Gold prices spent last week digging in their heels above the $4,200 level, successfully consolidating to keep the upward momentum alive. Buyers now have their sights set on the all-time highs reached in October, and surpassing that barrier would open the floodgates toward the psychologically significant $4,400 threshold. The metal is poised to end 2025 with gains exceeding 60%—a performance that would stand head and shoulders above any annual return since 1979. A new peak by late December would add a poetic finish to the year.
The technical picture on the daily chart, however, is a mixed bag. The RSI has ventured into overbought territory for the first time in two months, raising a yellow flag for a potential correction. A similar overbought condition held sway throughout the first half of autumn, a period that nonetheless saw gold climb from $3,500 to $4,380 per ounce. Right now, neither the Stochastic lines nor the widening Bollinger Bands are sounding the alarm for a downturn. Fundamentally, bears have little reason to be optimistic either.

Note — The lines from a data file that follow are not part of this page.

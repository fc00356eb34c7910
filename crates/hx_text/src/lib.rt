//! Texts: pages that are printed piece by piece, the lines of an input, and how names and numbers
//! are spelt.
#![tactic(auto)]

mod line_ends;
mod line_table;
mod pages;
mod spellings;
mod writing;

pub use line_ends::{Input, cut, split_line, split_words};
pub use line_table::{Lines, TextFault, split_lines};
pub use pages::{Page, Piece};
pub use spellings::{is_name, read_u64};
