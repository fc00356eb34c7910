//! The lines of a text.
ghost use Rattle.std.specs.Prelude.{◌≡◌, ◌+◌, ◌-◌, ◌^◌, ◌<◌, ◌⊎◌, ◌↔◌, IsTrue, [], ◌∷◌, ◌++◌, length, slice_get, slice_index, Some, None, OnOk, OnErr, IfOk, IfErr, MatchResult};
ghost use Rattle.std.specs.List.{concat};
ghost use Rattle.hx_text.specs.Faults.{line_fault, lines_fault};
ghost use Rattle.hx_text.specs.Lines.{lines_of};

use crate::line_ends::{split_line, split_text};
use std::alloc::{AllocError, Global};
use std::marker::Model;
use std::str;

/// Lines of text. Contracts see them as the list of their bytes.
pub struct Lines {
    /// All lines, one behind the other.
    text: String,
    /// Where each line ends in that text.
    ends: Vec<u32>,
}

// A derived drop is written out, field by field, wherever one is dropped; this is a call.
impl Drop for Lines {
    fn drop(self) {
        let Lines { text: _, ends: _ } = self;
    }
}

impl Model for Lines {
    ghost use Rattle.std.specs.Prelude.{List, ℕ};
    ghost use Rattle.std.specs.String.{string_bytes};
    ghost use Rattle.hx_text.specs.LineTable.{lines_between, IsLineTable};

    ghost Value = { List (List ℕ) };

    ghost view = { λ a. lines_between (string_bytes a.text) 0 a.ends.items };

    ghost invariant = { λ a. IsLineTable (string_bytes a.text) a.ends.items };
}

/// Why a text is not taken apart into lines.
#[derive(Clone, Copy, Debug, PartialEq, Eq)]
pub enum TextFault {
    NotUtf8 { line: u32 },
    LineTooLong { line: u32 },
    OutOfMemory,
}

impl From<AllocError> for TextFault {
    ghost use Rattle.hx_text.specs.declared.line_table.TextFault.TheVariants.{OutOfMemory};

    ghost from_gives = { λ _ e. e ≡ OutOfMemory };

    fn from(_e: AllocError) -> TextFault {
        TextFault::OutOfMemory
    }
}

/// Where the line at a place begins, by the ends of all lines.
fn start_of(ends: &[u32], place: usize) -> u32
    requires { place < length ends.now }
    ensures { result ≡ slice_index (0 ∷ ends.now) place }
{
    if place == 0 { 0 } else { ends[place - 1] }
}

impl Lines {
    /// No lines, with room for a text of so many bytes.
    fn with_room(alloc: Global, bytes: usize) -> Result<Lines, AllocError>
        ensures { IfOk result (λ lines. lines ≡ []) }
    {
        Ok(Lines {
            text: String::with_capacity(alloc, bytes)?,
            ends: Vec::new(alloc),
        })
    }

    /// How many lines there are.
    pub fn len(&self) -> u32
        ensures { result ≡ length self.now }
    {
        self.ends.len() as u32
    }

    /// Whether there are none.
    pub fn is_empty(&self) -> bool
        ensures { IsTrue result ↔ (self.now ≡ []) }
    {
        self.len() == 0
    }

    /// The line at a place, from 0. It takes no memory.
    pub fn get(&self, place: u32) -> &str
        requires { place < length self.now }
        ensures { slice_get self.now place ≡ Some result.now }
    {
        let start = start_of(self.ends.as_slice(), place as usize);
        let end = self.ends[place as usize];
        &self.text.as_str()[start as usize..end as usize]
    }

    /// Puts a line at the end.
    fn push(&mut self, line: &str) -> Result<(), AllocError>
        requires few { length self.old < 2 ^ 32 - 1 }
        requires room { length (concat self.old) + length line.now < 2 ^ 32 }
        ensures ok { OnOk result (self.new ≡ self.old ++ line.now ∷ []) }
        ensures err { OnErr result (self.new ≡ self.old) }
    {
        self.ends.reserve(1)?;
        self.text.push_str(line)?;
        self.ends.push_reserved(self.text.len() as u32);
        Ok(())
    }
}

/// A line as text, if nothing is wrong with it.
fn check_line(line: &[u8], number: u32, most: usize) -> Result<&str, TextFault>
    ensures ok { IfOk result (λ text.
        (text.now ≡ line.now) × (line_fault most number line.now ≡ None)) }
    ensures err { IfErr result (λ e. line_fault most number line.now ≡ Some e) }
{
    match str::from_utf8(line) {
        Err(_) => Err(TextFault::NotUtf8 { line: number }),
        Ok(_) if line.len() > most => Err(TextFault::LineTooLong { line: number }),
        Ok(text) => Ok(text),
    }
}

/// Looks whether a line of text is too long.
fn check_length(line: &str, number: u32, most: usize) -> Result<(), TextFault>
    ensures ok { OnOk result (line_fault most number line.now ≡ None) }
    ensures err { IfErr result (λ e. line_fault most number line.now ≡ Some e) }
{
    if line.len() > most {
        return Err(TextFault::LineTooLong { line: number });
    }
    Ok(())
}

/// Takes a text apart into its lines, as `split_lines` does.
fn split_valid(alloc: Global, text: &str, most: usize) -> Result<Lines, TextFault>
    requires { length text.now < 2 ^ 32 - 1 }
    ensures ok { IfOk result (λ lines.
        (lines ≡ lines_of text.now) × (lines_fault most text.now ≡ None)) }
    ensures err { IfErr result (λ e.
        (e ≡ TextFault.OutOfMemory) ⊎ (lines_fault most text.now ≡ Some e)) }
{
    let mut lines = Lines::with_room(alloc, text.len())?;
    let mut rest = text;
    while !rest.is_empty() {
        let (line, behind) = split_text(rest);
        check_length(line, lines.len() + 1, most)?;
        lines.push(line)?;
        rest = behind;
    }
    Ok(lines)
}

/// Takes bytes apart into lines, as `split_lines` does. Each line is looked at by itself.
fn split_checked(alloc: Global, bytes: &[u8], most: usize) -> Result<Lines, TextFault>
    requires { length bytes.now < 2 ^ 32 - 1 }
    ensures ok { IfOk result (λ lines.
        (lines ≡ lines_of bytes.now) × (lines_fault most bytes.now ≡ None)) }
    ensures err { IfErr result (λ e.
        (e ≡ TextFault.OutOfMemory) ⊎ (lines_fault most bytes.now ≡ Some e)) }
{
    let mut lines = Lines::with_room(alloc, bytes.len())?;
    let mut rest = bytes;
    while !rest.is_empty() {
        let (line, behind) = split_line(rest);
        let text = check_line(line, lines.len() + 1, most)?;
        lines.push(text)?;
        rest = behind;
    }
    Ok(lines)
}

/// Takes a text apart into its lines, of which each has `most` bytes at most.
///
/// A line ends at `\n` or at the end of the text. One `\r` before that `\n` isn't part of it. The
/// fault is that of the first line that has one, where lines are numbered from 1. Of a line that
/// isn't UTF-8 the length isn't asked.
pub fn split_lines(alloc: Global, bytes: &[u8], most: usize) -> Result<Lines, TextFault>
    requires { length bytes.now < 2 ^ 32 - 1 }
    ensures ok { IfOk result (λ lines.
        (lines ≡ lines_of bytes.now) × (lines_fault most bytes.now ≡ None)) }
    ensures err { IfErr result (λ e.
        (e ≡ TextFault.OutOfMemory) ⊎ (lines_fault most bytes.now ≡ Some e)) }
{
    match str::from_utf8(bytes) {
        Ok(text) => split_valid(alloc, text, most),
        Err(_) => split_checked(alloc, bytes, most),
    }
}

The shift to thinner holiday trading will be preceded by two key US data releases for November: tomorrow's jobs report, followed by inflation figures on Thursday. If these prints disappoint, traders may double down on their long gold positions. The bullion's allure is further fueled by unabashedly bullish forecasts from Wall Street's leading institutions.
Over the past week, Goldman Sachs and Morgan Stanley analysts have reaffirmed their conviction, reiterating a $4,900 target for gold. Both banks note that retail investors allocate very little to the metal in their portfolios. Morgan Stanley estimates the average share is only 0.17–0.22%, contemplating that every 0.01% increase translates to a price rise of over 1%.
The following trading plan may come into play:
Buy gold in the $4,250–$4,350 range. Take profit: $4,400. Stop loss: $4,200.
This content is for informational purposes only and is not intended to be investing advice.